**Exercise requirements**
Please copy each line below that contains the word "BoxR".

**Listed entries**
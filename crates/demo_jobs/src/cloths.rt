//! The curves of the undyed cloth and of the dyeings.

ghost use Rattle.std.specs.Prelude.{◌≡◌, ◌≤◌, ◌<◌, length};
ghost use Rattle.spectral_tables.specs.Curve.{IsCurve, IsReflectance};
ghost use Rattle.demo_jobs.specs.Cloths.{dyed, dyed_at, strength, substrate, substrate_at, triangle};
ghost use Rattle.demo_jobs.specs.Dyes.{IsDrawn};

use crate::dyes::DrawnDye;
use arrayvec::ArrayVec;
use spectral_tables::Curve;

/// How many wavelengths a curve has: index `k` stands for `400 + 10 * k` nm.
pub(crate) const WAVES: u32 = 31;

/// The height of a triangle at an index: `height` at the index `top`, one less with each step away
/// from it, and never below 0.
pub(crate) fn triangle(height: u32, top: u32, index: u32) -> u32
    ensures is { result ≡ triangle height top index }
    ensures low { result ≤ height }
{
    height.saturating_sub(index.abs_diff(top))
}

/// The reflectance of the undyed cloth, in millionths.
fn substrate_at(index: u32) -> u32
    requires { index < 31 }
    ensures is { result ≡ substrate_at index }
    ensures range { IsReflectance result }
    ensures small { result ≤ 840000 }
{
    750_000 + 3_000 * index
}

/// How strongly a dye absorbs light at a wavelength index: 100 units of it divide the reflectance
/// by `1 + strength / 1000`.
fn strength(dye: &DrawnDye, index: u32) -> u32
    requires { IsDrawn dye.now }
    ensures is { result ≡ strength dye.now index }
    ensures low { result ≤ 404 }
{
    dye.height * triangle(9, dye.centre, index) / 9 + 5
}

/// The reflectance of the cloth with `units` of a dye, in millionths.
fn dyed_at(dye: &DrawnDye, units: u32, index: u32) -> u32
    requires index { index < 31 }
    requires units { units ≤ 2000 }
    requires range { IsDrawn dye.now }
    ensures is { result ≡ dyed_at dye.now units index }
    ensures range { IsReflectance result }
{
    let dark = 1000 + strength(dye, index) * units / 100;
    (substrate_at(index) * 1000 / dark).max(100)
}

/// The curve of the undyed cloth.
#[tactic(auto, unfolding(crate::specs::Cloths::indices, crate::specs::Cloths::substrate))]
pub(crate) fn substrate() -> Curve
    ensures is { result ≡ substrate }
    ensures held { IsCurve result }
    ensures waves { length result ≡ 31 }
{
    let mut millionths: ArrayVec<u32, 31> = ArrayVec::new();
    for index in 0..WAVES {
        millionths.push(substrate_at(index));
    }
    Curve::of(millionths.as_slice())
}

/// The curve of the cloth with `units` of a dye.
#[tactic(auto, unfolding(crate::specs::Cloths::indices, crate::specs::Cloths::dyed))]
pub(crate) fn dyed(dye: &DrawnDye, units: u32) -> Curve
    requires units { units ≤ 2000 }
    requires range { IsDrawn dye.now }
    ensures is { result ≡ dyed dye.now units }
    ensures held { IsCurve result }
    ensures waves { length result ≡ 31 }
{
    let mut millionths: ArrayVec<u32, 31> = ArrayVec::new();
    for index in 0..WAVES {
        millionths.push(dyed_at(dye, units, index));
    }
    Curve::of(millionths.as_slice())
}
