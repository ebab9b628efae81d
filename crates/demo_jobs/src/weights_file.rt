//! The text of a weights file.

ghost use Rattle.std.specs.Prelude.{◌≡◌, ◌++◌, IfOk, OnOk};
ghost use Rattle.demo_jobs.specs.Lines.{line};
ghost use Rattle.demo_jobs.specs.WeightsText.{weights_record, weights_text};

use crate::cloths::WAVES;
use crate::line::{number_field, push_field, wavelength_field};
use crate::weights::Light;
use std::alloc::{AllocError, Global};

/// Appends a record of a light: its first field, and its weights.
fn push_weights(
    text: &mut Vec<u8>,
    light: Light,
    first: &[u8],
    weights: &[u32],
) -> Result<(), AllocError>
    ensures { OnOk result (text.new.items
        ≡ text.old.items ++ line (weights_record light first.now weights.now)) }
{
    text.extend_from_slice(first)?;
    for weight in weights {
        push_field(text, &number_field(light.decimals(), *weight))?;
    }
    text.push(b'\n')?;
    Ok(())
}

/// The text of the weights file of a light.
#[tactic(auto, unfolding(crate::specs::WeightsText::weights_text))]
pub(crate) fn weights_text(alloc: Global, light: Light) -> Result<Vec<u8>, AllocError>
    ensures { IfOk result (λ text. text.items ≡ weights_text light) }
{
    let mut text = Vec::from_slice(alloc, b"nm,X,Y,Z\n")?;
    for index in 0..WAVES {
        let weights = light.weights(index);
        push_weights(&mut text, light, &wavelength_field(index), &weights)?;
    }
    push_weights(&mut text, light, b"white", &light.white())?;
    Ok(text)
}
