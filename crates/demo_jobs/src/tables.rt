//! Tables of a TOML document.

ghost use Rattle.std.specs.Prelude.{◌≡◌, OnOk};
ghost use Rattle.toml.specs.Data.{string};
ghost use Rattle.toml.specs.View.{table_view, view};
ghost use Rattle.demo_jobs.specs.JobTable.{whole};
ghost use Rattle.demo_jobs.specs.Members.{insert_member};

use std::alloc::{AllocError, Global};
use toml::{Table, Value};

/// Puts a value under a key of a table.
pub(crate) fn put(
    alloc: Global,
    table: &mut Table,
    key: &str,
    value: Value,
) -> Result<(), AllocError>
    ensures { OnOk result (table_view table.new
        ≡ insert_member key.now (view value) (table_view table.old)) }
{
    let key = String::from_str(alloc, key)?;
    match table.insert(key, value) {
        Ok(_) => Ok(()),
        Err(_) => Err(AllocError),
    }
}

/// Puts a whole number under a key.
pub(crate) fn put_whole(
    alloc: Global,
    table: &mut Table,
    key: &str,
    number: u32,
) -> Result<(), AllocError>
    ensures { OnOk result (table_view table.new
        ≡ insert_member key.now (whole number) (table_view table.old)) }
{
    put(alloc, table, key, Value::Integer(i64::from(number)))
}

/// Puts a text under a key.
pub(crate) fn put_text(
    alloc: Global,
    table: &mut Table,
    key: &str,
    text: &str,
) -> Result<(), AllocError>
    ensures { OnOk result (table_view table.new
        ≡ insert_member key.now (string text.now) (table_view table.old)) }
{
    let value = Value::string(alloc, text)?;
    put(alloc, table, key, value)
}
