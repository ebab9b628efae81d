//! The table of a job, and its text.

ghost use Rattle.std.specs.Prelude.{◌≡◌, IfOk, Some, map, string_bytes};
ghost use Rattle.toml.specs.Data.{table};
ghost use Rattle.toml.specs.View.{table_view, view};
ghost use Rattle.job_file.specs.Job.{tree_of};
ghost use Rattle.demo_jobs.specs.JobTable.{dye_table, dyeing_table, dyeing_tables, job_table, light_table, light_tables};

use crate::book::{dye_name, dyeing_name};
use crate::dyes::DrawnDye;
use crate::standard::{DYEINGS, STEP};
use crate::tables::{put, put_text, put_whole};
use std::alloc::{AllocError, Global};
use toml::{Table, Value, table_to_string};

/// The table of a light: the file of its weights, and its tolerance.
#[tactic(auto, unfolding(crate::specs::JobTable::light_table))]
fn light_table(alloc: Global, weights: &str, tolerance: u32) -> Result<Table, AllocError>
    ensures { IfOk result (λ t. table_view t ≡ light_table weights.now tolerance) }
{
    let mut table = Table::new(alloc);
    put_text(alloc, &mut table, "weights", weights)?;
    put_whole(alloc, &mut table, "tolerance", tolerance)?;
    Ok(table)
}

/// The tables of the two lights.
#[tactic(auto, unfolding(crate::specs::JobTable::light_tables))]
fn light_tables(alloc: Global) -> Result<Vec<Value>, AllocError>
    ensures { IfOk result (λ v. map view v.items ≡ map table light_tables) }
{
    let mut lights = Vec::new(alloc);
    lights.push(Value::Table(light_table(alloc, "demo1.csv", 1000)?))?;
    lights.push(Value::Table(light_table(alloc, "demo2.csv", 1500)?))?;
    Ok(lights)
}

/// The table of a dyeing, given as its number and its units, of the dye with a number.
#[tactic(auto, unfolding(crate::specs::JobTable::dyeing_table))]
fn dyeing_table(alloc: Global, dye: u32, dyeing: (u32, u32)) -> Result<Table, AllocError>
    ensures { IfOk result (λ t. table_view t ≡ dyeing_table dye dyeing) }
{
    let (number, units) = dyeing;
    let mut table = Table::new(alloc);
    put_whole(alloc, &mut table, "units", units)?;
    put_text(
        alloc,
        &mut table,
        "curve",
        dyeing_name(alloc, dye, number)?.as_str(),
    )?;
    Ok(table)
}

/// The tables of the dyeings of the dye with a number.
#[tactic(auto, unfolding(crate::specs::JobTable::dyeing_tables))]
fn dyeing_tables(alloc: Global, dye: u32) -> Result<Vec<Value>, AllocError>
    ensures { IfOk result (λ v. map view v.items ≡ map table (dyeing_tables dye)) }
{
    let mut tables = Vec::new(alloc);
    for dyeing in DYEINGS {
        tables.push(Value::Table(dyeing_table(alloc, dye, dyeing)?))?;
    }
    Ok(tables)
}

/// The table of a dye.
#[tactic(auto, unfolding(crate::specs::JobTable::dye_table))]
fn dye_table(alloc: Global, dye: &DrawnDye) -> Result<Table, AllocError>
    ensures { IfOk result (λ t. table_view t ≡ dye_table dye.now) }
{
    let mut table = Table::new(alloc);
    put_text(
        alloc,
        &mut table,
        "name",
        dye_name(alloc, dye.number)?.as_str(),
    )?;
    put_whole(alloc, &mut table, "price", dye.price)?;
    put_whole(alloc, &mut table, "fee", dye.fee)?;
    put_whole(alloc, &mut table, "step", STEP)?;
    put_whole(alloc, &mut table, "most", 400)?;
    let dyeings = dyeing_tables(alloc, dye.number)?;
    put(alloc, &mut table, "dyeing", Value::Array(dyeings))?;
    Ok(table)
}

/// The tables of the dyes.
fn dye_tables(alloc: Global, dyes: &[DrawnDye]) -> Result<Vec<Value>, AllocError>
    ensures { IfOk result (λ v. map view v.items ≡ map table (map dye_table dyes.now)) }
{
    let mut tables = Vec::new(alloc);
    for dye in dyes {
        tables.push(Value::Table(dye_table(alloc, dye)?))?;
    }
    Ok(tables)
}

/// The table of a job with these dyes.
#[tactic(auto, unfolding(crate::specs::JobTable::job_table))]
fn job_table(alloc: Global, dyes: &[DrawnDye]) -> Result<Table, AllocError>
    ensures { IfOk result (λ t. table_view t ≡ job_table dyes.now) }
{
    let mut table = Table::new(alloc);
    put_whole(alloc, &mut table, "version", 1)?;
    put_text(alloc, &mut table, "curves", "demo.csv")?;
    put_text(alloc, &mut table, "substrate", "sub")?;
    put_text(alloc, &mut table, "standard", "std")?;
    put_whole(alloc, &mut table, "max_dyes", 3)?;
    put_whole(alloc, &mut table, "max_total", 8000)?;
    put_whole(alloc, &mut table, "budget", 20000)?;
    let lights = light_tables(alloc)?;
    put(alloc, &mut table, "light", Value::Array(lights))?;
    let dyes = dye_tables(alloc, dyes)?;
    put(alloc, &mut table, "dye", Value::Array(dyes))?;
    Ok(table)
}

/// A TOML text that reads as the table of a job with these dyes.
pub(crate) fn job_text(alloc: Global, dyes: &[DrawnDye]) -> Result<String, AllocError>
    ensures { IfOk result (λ text. tree_of (string_bytes text) ≡ Some (job_table dyes.now)) }
{
    let table = job_table(alloc, dyes)?;
    match table_to_string(alloc, &table) {
        Ok(text) => Ok(text),
        Err(_) => Err(AllocError),
    }
}
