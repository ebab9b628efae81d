//! The pseudo-random numbers that a job is made from.

ghost use Rattle.std.specs.Prelude.{◌≡◌, ◌<◌, length};
ghost use Rattle.demo_jobs.specs.Draws.{draw, drawn, draws, next_state};

use arrayvec::ArrayVec;

/// How many draws a job takes: four for each dye, and two for each dye of the hidden recipe.
pub(crate) const DRAWS: usize = 30;

/// The next state of the generator.
#[tactic(auto, unfolding(crate::specs::Draws::next_state))]
fn next_state(state: u64) -> u64
    ensures { result ≡ next_state state }
{
    state
        .wrapping_mul(6_364_136_223_846_793_005)
        .wrapping_add(1_442_695_040_888_963_407)
}

/// The number drawn from a state: its upper 31 bits.
#[tactic(auto, unfolding(crate::specs::Draws::drawn))]
fn drawn(state: u64) -> u32
    ensures { result ≡ drawn state }
{
    (state >> 33) as u32
}

/// The draws for the job with a number, in order.
#[tactic(auto, unfolding(crate::specs::Draws::draws))]
pub(crate) fn draws(number: u32) -> ArrayVec<u32, DRAWS>
    ensures is { result.items ≡ draws number }
    ensures count { length result.items ≡ 30 }
{
    let mut draws = ArrayVec::new();
    let mut state = u64::from(number);
    for _ in 0..DRAWS {
        state = next_state(state);
        draws.push(drawn(state));
    }
    draws
}

/// The draw at an index, reduced to a number below `n`.
pub(crate) fn draw(draws: &[u32], index: usize, n: u32) -> u32
    requires index { index < length draws.now }
    requires some { 0 < n }
    ensures is { result ≡ draw draws.now index n }
    ensures small { result < n }
{
    draws[index] % n
}
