//! Times the operations on intervals at both scales: `speed ROUNDS` prints, for each operation, the
//! nanoseconds that a thousand calls take at the base scale and at the quick one. For the job in
//! the file JOB, `speed ROUNDS JOB` prints the nanoseconds that a box takes to be judged by itself,
//! and in a search.
#![tactic(auto)]

mod boxes;
mod loops;
mod pairs;

use fix_bounds::{Base, Quick, Scale};
use std::rt::{Clock, Env};
use std::time::Instant;
use std::{env, io};

/// The number of rounds, if the first word is a number, and the second word, if there is one.
fn words_of<R: Env + AllocGlobal>(rt: &R) -> io::Result<(Option<u32>, Option<String>)> {
    let mut words = env::args(rt)?.skip(1);
    match words.next() {
        Some(word) => Ok((word.as_str().parse::<u32>().ok(), words.next())),
        None => Ok((None, None)),
    }
}

/// Times all operations at one scale.
fn times<S: Scale, R: Clock + Print + AllocGlobal>(
    rt: &R,
    scale: &str,
    rounds: u32,
) -> io::Result<()> {
    let pairs = pairs::drawn::<S>(rt.alloc())?;
    for operation in loops::OPERATIONS {
        let start = Instant::now(rt)?;
        let sum = loops::run(operation, pairs.as_slice(), rounds);
        let took = start.elapsed(rt)?.as_nanos() / u128::from(rounds).max(1);
        println!(rt; "{scale} {operation:?} {took} (sum {sum})")?;
    }
    Ok(())
}

fn main(rt: HostRuntime) -> io::Result<()> {
    match words_of(&rt)? {
        (Some(rounds), Some(job)) => boxes::run(&rt, job.as_str(), rounds),
        (Some(rounds), None) => {
            times::<Base, HostRuntime>(&rt, "base", rounds)?;
            times::<Quick, HostRuntime>(&rt, "quick", rounds)
        }
        _ => println!(rt; "usage: speed ROUNDS [JOB], for the nanoseconds of a thousand calls"),
    }
}
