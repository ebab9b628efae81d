//! Recipes of the grid and their order.

ghost use Rattle.std.specs.Prelude.{◌≡◌, ◌&&◌, ◌<◌, length, nat_le, slice_index_or, []};
ghost use Rattle.box_specs.specs.Landscape.{is_before};
ghost use Rattle.box_specs.specs.Span.{IsWithin, lists, same_steps};
ghost use Rattle.box_specs.specs.Validity.{is_within};

use box_core::{BoxR, Landscape};
use price_grid::{Steps, compare};

/// Whether a number lies in a range.
fn is_in_range(n: u16, low: u16, high: u16) -> bool
    ensures { result ≡ nat_le low n && nat_le n high }
{
    low <= n && n <= high
}

/// Whether there are as many numbers as ranges, and each lies in its range.
#[tactic(auto, using(crate::proofs::Within::other_length))]
fn is_between(steps: &[u16], low: &[u16], high: &[u16]) -> bool
    requires { length high.now ≡ length low.now }
    ensures { result ≡ is_within steps.now low.now high.now }
{
    if steps.len() != low.len() {
        return false;
    }
    for (i, n) in steps.iter().enumerate() {
        if !is_in_range(*n, low[i], high[i]) {
            return false;
        }
    }
    true
}

/// Whether a recipe lies in a box.
pub(crate) fn is_in_box(part: &BoxR, steps: &Steps) -> bool
    ensures { result ≡ is_within steps.now.items part.now.lo part.now.hi }
{
    is_between(steps.as_slice(), part.lo.as_slice(), part.hi.as_slice())
}

/// Whether a recipe comes before another in the order by cost and then by steps.
pub(crate) fn is_before<L: Landscape>(land: &L, a: &Steps, b: &Steps) -> bool
    requires first { IsWithin a.now.items (L.land land.now).top }
    requires second { IsWithin b.now.items (L.land land.now).top }
    ensures { result ≡ is_before (L.land land.now) a.now.items b.now.items }
{
    compare(&land.key_of(a), &land.key_of(b)).is_lt()
}

/// Whether two recipes are the same.
pub(crate) fn is_same(a: &Steps, b: &Steps) -> bool
    ensures { result ≡ same_steps a.now.items b.now.items }
{
    a.as_slice() == b.as_slice()
}

/// How many recipes are listed.
pub(crate) fn count_of(listed: &[Steps]) -> usize
    ensures { result ≡ length (lists listed.now) }
{
    listed.len()
}

/// A listed recipe.
pub(crate) fn recipe_at(listed: &[Steps], i: usize) -> &Steps
    requires { i < length (lists listed.now) }
    ensures { result.now.items ≡ slice_index_or (lists listed.now) i [] }
{
    &listed[i]
}
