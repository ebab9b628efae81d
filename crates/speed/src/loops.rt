//! A loop for each operation, and one without any (`Ends`). The sum of the results, or of their
//! ends, is printed, so that the compiler cannot leave out a call.
ghost use Rattle.std.specs.Prelude.{ℕ, ◌^◌, ◌≤◌};

use crate::pairs::Pair;
use fix_bounds::{Iv, Scale, unit};
use mix_model::reflect;
use root_bounds::{cbrt_ceil, cbrt_floor, cbrt_iv, sqrt_ceil, sqrt_floor, sqrt_iv};

/// The operations that are timed.
#[derive(Clone, Copy, Debug)]
pub(crate) enum Operation {
    Ends,
    OfRatio,
    Add,
    Sub,
    Mul,
    Div,
    Square,
    ScaleBy,
    RatioUp,
    Abs,
    CutLow,
    CutHigh,
    Hull,
    SqrtIv,
    CbrtIv,
    SqrtFloor,
    SqrtCeil,
    CbrtFloor,
    CbrtCeil,
    Reflect,
}

/// All of them, in the order of the report.
pub(crate) const OPERATIONS: [Operation; 20] = [
    Operation::Ends,
    Operation::OfRatio,
    Operation::Add,
    Operation::Sub,
    Operation::Mul,
    Operation::Div,
    Operation::Square,
    Operation::ScaleBy,
    Operation::RatioUp,
    Operation::Abs,
    Operation::CutLow,
    Operation::CutHigh,
    Operation::Hull,
    Operation::SqrtIv,
    Operation::CbrtIv,
    Operation::SqrtFloor,
    Operation::SqrtCeil,
    Operation::CbrtFloor,
    Operation::CbrtCeil,
    Operation::Reflect,
];

// evaluates `$call` on each pair, `$rounds` times over, and sums the ends of the results
macro_rules! rounds {
    ($pairs:ident, $rounds:ident, $first:ident, $second:ident, $call:expr) => {{
        let mut sum = 0i128;
        for _ in 0..$rounds {
            for pair in $pairs {
                let ($first, $second) = (pair.first, pair.second);
                let _ = $second;
                let result = $call;
                sum = sum.wrapping_add(result.lo()).wrapping_add(result.hi());
            }
        }
        sum
    }};
}

// the same with the K/S of each pair
macro_rules! strength_rounds {
    ($pairs:ident, $rounds:ident, $strength:ident, $call:expr) => {{
        let mut sum = 0i128;
        for _ in 0..$rounds {
            for pair in $pairs {
                let $strength = pair.strength;
                let result = $call;
                sum = sum.wrapping_add(result.lo()).wrapping_add(result.hi());
            }
        }
        sum
    }};
}

// the same with a number: the lower end of the first interval of each pair
macro_rules! number_rounds {
    ($pairs:ident, $rounds:ident, $low:ident, $call:expr) => {{
        let mut sum = 0i128;
        for _ in 0..$rounds {
            for pair in $pairs {
                let $low = pair.first.lo().unsigned_abs();
                sum = sum.wrapping_add($call as i128);
            }
        }
        sum
    }};
}

fn ends<S: Scale>(pairs: &[Pair<S>], rounds: u32) -> i128 {
    rounds!(pairs, rounds, a, b, a)
}

fn of_ratio<S: Scale>(pairs: &[Pair<S>], rounds: u32) -> i128 {
    rounds!(pairs, rounds, a, b, Iv::<S>::of_ratio(a.lo(), b.lo()))
}

fn add<S: Scale>(pairs: &[Pair<S>], rounds: u32) -> i128 {
    rounds!(pairs, rounds, a, b, a.add(b))
}

fn sub<S: Scale>(pairs: &[Pair<S>], rounds: u32) -> i128 {
    rounds!(pairs, rounds, a, b, a.sub(b))
}

fn mul<S: Scale>(pairs: &[Pair<S>], rounds: u32) -> i128 {
    rounds!(pairs, rounds, a, b, a.mul(b))
}

fn div<S: Scale>(pairs: &[Pair<S>], rounds: u32) -> i128 {
    rounds!(pairs, rounds, a, b, a.div(b))
}

fn square<S: Scale>(pairs: &[Pair<S>], rounds: u32) -> i128 {
    rounds!(pairs, rounds, a, b, a.square())
}

fn scale_by<S: Scale>(pairs: &[Pair<S>], rounds: u32) -> i128 {
    rounds!(pairs, rounds, a, b, a.scale_by(-116))
}

fn ratio_up<S: Scale>(pairs: &[Pair<S>], rounds: u32) -> i128 {
    rounds!(pairs, rounds, a, b, a.ratio_up(1_234_567, 7_654_321))
}

fn abs<S: Scale>(pairs: &[Pair<S>], rounds: u32) -> i128 {
    rounds!(pairs, rounds, a, b, a.abs())
}

fn cut_low<S: Scale>(pairs: &[Pair<S>], rounds: u32) -> i128 {
    rounds!(pairs, rounds, a, b, a.cut_low(0))
}

fn cut_high<S: Scale>(pairs: &[Pair<S>], rounds: u32) -> i128 {
    rounds!(pairs, rounds, a, b, a.cut_high(0))
}

fn hull<S: Scale>(pairs: &[Pair<S>], rounds: u32) -> i128 {
    rounds!(pairs, rounds, a, b, a.hull(b))
}

fn sqrt_interval<S: Scale>(pairs: &[Pair<S>], rounds: u32) -> i128 {
    rounds!(pairs, rounds, a, b, sqrt_iv(a))
}

fn cbrt_interval<S: Scale>(pairs: &[Pair<S>], rounds: u32) -> i128 {
    rounds!(pairs, rounds, a, b, cbrt_iv(a))
}

fn sqrt_down<S: Scale>(pairs: &[Pair<S>], rounds: u32) -> i128 {
    let parts = u128::from(unit::<S>());
    number_rounds!(pairs, rounds, low, sqrt_floor(low * parts))
}

fn sqrt_up<S: Scale>(pairs: &[Pair<S>], rounds: u32) -> i128 {
    let parts = u128::from(unit::<S>());
    number_rounds!(pairs, rounds, low, sqrt_ceil(low * parts))
}

fn cbrt_down<S: Scale>(pairs: &[Pair<S>], rounds: u32) -> i128 {
    let square = unit_squared::<S>();
    number_rounds!(pairs, rounds, low, cbrt_floor(low * square))
}

fn cbrt_up<S: Scale>(pairs: &[Pair<S>], rounds: u32) -> i128 {
    let square = unit_squared::<S>();
    number_rounds!(pairs, rounds, low, cbrt_ceil(low * square))
}

fn reflectance<S: Scale>(pairs: &[Pair<S>], rounds: u32) -> i128 {
    strength_rounds!(pairs, rounds, q, reflect(q))
}

fn unit_squared<S: Scale>() -> u128
    ensures { result ≤ 10 ^ 24 }
{
    let parts = u128::from(unit::<S>());
    parts * parts
}

/// Calls one operation on each pair, `rounds` times over, and sums the results or their ends.
pub(crate) fn run<S: Scale>(operation: Operation, pairs: &[Pair<S>], rounds: u32) -> i128 {
    match operation {
        Operation::Ends => ends(pairs, rounds),
        Operation::OfRatio => of_ratio(pairs, rounds),
        Operation::Add => add(pairs, rounds),
        Operation::Sub => sub(pairs, rounds),
        Operation::Mul => mul(pairs, rounds),
        Operation::Div => div(pairs, rounds),
        Operation::Square => square(pairs, rounds),
        Operation::ScaleBy => scale_by(pairs, rounds),
        Operation::RatioUp => ratio_up(pairs, rounds),
        Operation::Abs => abs(pairs, rounds),
        Operation::CutLow => cut_low(pairs, rounds),
        Operation::CutHigh => cut_high(pairs, rounds),
        Operation::Hull => hull(pairs, rounds),
        Operation::SqrtIv => sqrt_interval(pairs, rounds),
        Operation::CbrtIv => cbrt_interval(pairs, rounds),
        Operation::SqrtFloor => sqrt_down(pairs, rounds),
        Operation::SqrtCeil => sqrt_up(pairs, rounds),
        Operation::CbrtFloor => cbrt_down(pairs, rounds),
        Operation::CbrtCeil => cbrt_up(pairs, rounds),
        Operation::Reflect => reflectance(pairs, rounds),
    }
}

**Exercise response**
use box_core::{BoxR, Landscape};
pub(crate) fn is_in_box(part: &BoxR, steps: &Steps) -> bool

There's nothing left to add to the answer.